Als in de loop van het leven een degeneratie van deze gewrichten optreedt, pijn in de rug is de focus van de klachten. Met de hulp van een Röntgenstraal of computertomografie, artrose kan worden opgespoord en gediagnosticeerd. Het is een veel voorkomende ziekte die vooral ouderen treft.

Risicofactoren zijn onder meer een slechte houding, langdurige overbelasting en te zwaar​ De therapie van een facetartrose is voornamelijk gebaseerd op de inname van pijnstillende medicatie en intensieve fysiotherapie. Fysiotherapie kan de spieren van de rug opbouwen en zo de wervelkolom ontlasten.

Ruggenmergziekten bij kinderen

Naast de verzameling van de patiënt medische geschiedenis (anamnese) en een voorzichtig fysiek onderzoekhebben beeldvormingsprocedures een bijzondere betekenis bij de diagnose van spinale aandoeningen. Door de verschillende diagnostische procedures wil en kan men uitgebreide informatie inwinnen over te nemen therapeutische maatregelen. Röntgenfoto's van de wervelkolom kunnen in principe worden omschreven als basisbeeldvormende diagnostiek.

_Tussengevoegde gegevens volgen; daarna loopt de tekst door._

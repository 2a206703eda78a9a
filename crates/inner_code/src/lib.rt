// The inner code: the sheet's check, codewords, distance, the nearest word and the house code.
#![tactic(auto)]

mod codewords;
mod house;
mod membership;
mod nearest;
mod refusal;
mod sheet;

pub use codewords::{MAX_CODEWORDS, distance, double, list_codewords};
pub use house::HouseCode;
pub use membership::residue;
pub use nearest::{Step, nearest_listed, nearest_word, put_on};
pub use refusal::Refusal;
pub use sheet::{CheckedSheet, MAX_DEGREE, MAX_ROWS, Sheet, check_into, check_sheet};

De röntgenfoto's geven de behandelende arts inzicht in de wervelkolomhouding. Bovendien zijn botveranderingen (calcium zoutreductie, kromming van de wervelkolom, een wervel breukartrose van het wervelgewricht, Vertebrale lichaam bijlagen) en degeneratie van de schijf kan worden gedetecteerd. Een sectionele beelddiagnose (CT en MRI, met of zonder contrastmiddel) maakt het ook mogelijk om de pijn toe te wijzen aan een specifiek zenuw- of ruggengraatsegment.

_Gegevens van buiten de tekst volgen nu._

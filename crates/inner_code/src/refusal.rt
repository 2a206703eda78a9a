// Refusals: why a call is turned back, with the row or entry at fault where there is one.
ghost use Rattle.std.specs.Prelude.{◌≡◌};
ghost use Rattle.inner_code.specs.Refusal.{number_of, place_of};

use std::error::Error;
use std::fmt;

// Why a call is turned back.
#[derive(Clone, Copy, Debug, PartialEq, Eq)]
pub enum Refusal {
    // the sheet
    SheetShort,
    DegreeOutOfRange,
    RowsOutOfRange,
    SheetLengthWrong,
    RowTooLarge { row: u32 },
    RowDependent { row: u32 },

    // the wiring
    VerticesOutOfRange,
    EdgeCountsDiffer,
    WiringLengthWrong,
    EntryTooLarge { entry: u32 },
    EntryRepeated { entry: u32 },

    // a block; the second also of a word at or above 2^d
    BlockLengthWrong,
    StrayBit,

    // a list of lost spans
    SpansLengthWrong,
    SpanOutOfBlock,
    SpanOutOfOrder,

    // output, decoder and report
    OutputShort,
    LimitTooLarge,
    Unsettled,
    ListShort,

    // the margin
    FlipsTooMany,
    FlipsNotCovered,

    // the panel's state
    BitTooLarge,
    SweepsSpent,

    // messages
    PlanTooLarge,
    MessageLengthWrong,
    MessageStrayBit,
    NoCodeword,
}

impl Refusal {
    // Its number in the table of refusals.
    pub fn number(self) -> u32
        ensures { result ≡ number_of self }
    {
        match self {
            Refusal::SheetShort => 1,
            Refusal::DegreeOutOfRange => 2,
            Refusal::RowsOutOfRange => 3,
            Refusal::SheetLengthWrong => 4,
            Refusal::RowTooLarge { row: _ } => 5,
            Refusal::RowDependent { row: _ } => 6,
            Refusal::VerticesOutOfRange => 7,
            Refusal::EdgeCountsDiffer => 23,
            Refusal::WiringLengthWrong => 8,
            Refusal::EntryTooLarge { entry: _ } => 9,
            Refusal::EntryRepeated { entry: _ } => 10,
            Refusal::BlockLengthWrong => 11,
            Refusal::StrayBit => 12,
            Refusal::SpansLengthWrong => 24,
            Refusal::SpanOutOfBlock => 25,
            Refusal::SpanOutOfOrder => 26,
            Refusal::OutputShort => 13,
            Refusal::LimitTooLarge => 14,
            Refusal::Unsettled => 15,
            Refusal::ListShort => 16,
            Refusal::FlipsTooMany => 17,
            Refusal::FlipsNotCovered => 18,
            Refusal::BitTooLarge => 27,
            Refusal::SweepsSpent => 28,
            Refusal::PlanTooLarge => 19,
            Refusal::MessageLengthWrong => 20,
            Refusal::MessageStrayBit => 21,
            Refusal::NoCodeword => 22,
        }
    }

    // The row or entry at fault, 0 where none is.
    pub fn place(self) -> u32
        ensures { result ≡ place_of self }
    {
        match self {
            Refusal::RowTooLarge { row } => row,
            Refusal::RowDependent { row } => row,
            Refusal::EntryTooLarge { entry } => entry,
            Refusal::EntryRepeated { entry } => entry,
            _ => 0,
        }
    }
}

impl fmt::Display for Refusal {
    ghost use Rattle.std.specs.Prelude.{Some};
    ghost use Rattle.inner_code.specs.Refusal.{refusal_text};

    ghost output = { λ r. Some (refusal_text r) };

    fn fmt<W: fmt::Write>(&self, f: &mut fmt::Formatter<W>) -> fmt::Result {
        write!(f, "refused {} {}", self.number(), self.place())
    }
}

impl Error for Refusal {}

Met behulp van een CT-onderzoek (computertomografie) kunnen meer gedetailleerde vragen over met name de botstructuur worden beantwoord (bijv. wervelkanaal stenose, Vertebrale lichaam breuk​ MRI (Magnetic Resonance Imaging) is daarentegen nog waardevoller bij spinale diagnostiek. Naast de botstructuren is het veel beter dan CT en toont het ook de zachte weefselstructuren (tussenwervelschijven, zenuwwortels, ligamenten).

Alle bovengenoemde ziekten kunnen met MRI worden opgespoord en toegewezen aan een specifieke sectie van de wervelkolom. In het geval van Vertebrale lichaam fracturen als een wervelkolomaandoening, is het mogelijk om onderscheid te maken tussen verse en oude fracturen met behulp van de MRI van de betreffende regio (bijv. MRI van de lumbale wervelkolom), wat onmiddellijke therapeutische gevolgen kan hebben (zie kyphoplastie). Myelografie beschrijft een onderzoek waarbij de patiënt met contrastmiddel in de durale zak wordt geïnjecteerd.

De durale zak omringt de spinal cord en, in het gebied van de onderste lumbale wervelkolom, is het gebied rond het begin van een zenuw voordat deze de wervelkanaal​ Door zenuwvloeistof en contrastmiddel te mengen, kunnen specifieke vragen met betrekking tot de spinal cord kan worden beantwoord. Nadat het contrastmedium is geïnjecteerd, worden meestal functionele beelden van de wervelkolom gemaakt (in flexie en extensie) om de zenuwdruk in een functionele positie te detecteren.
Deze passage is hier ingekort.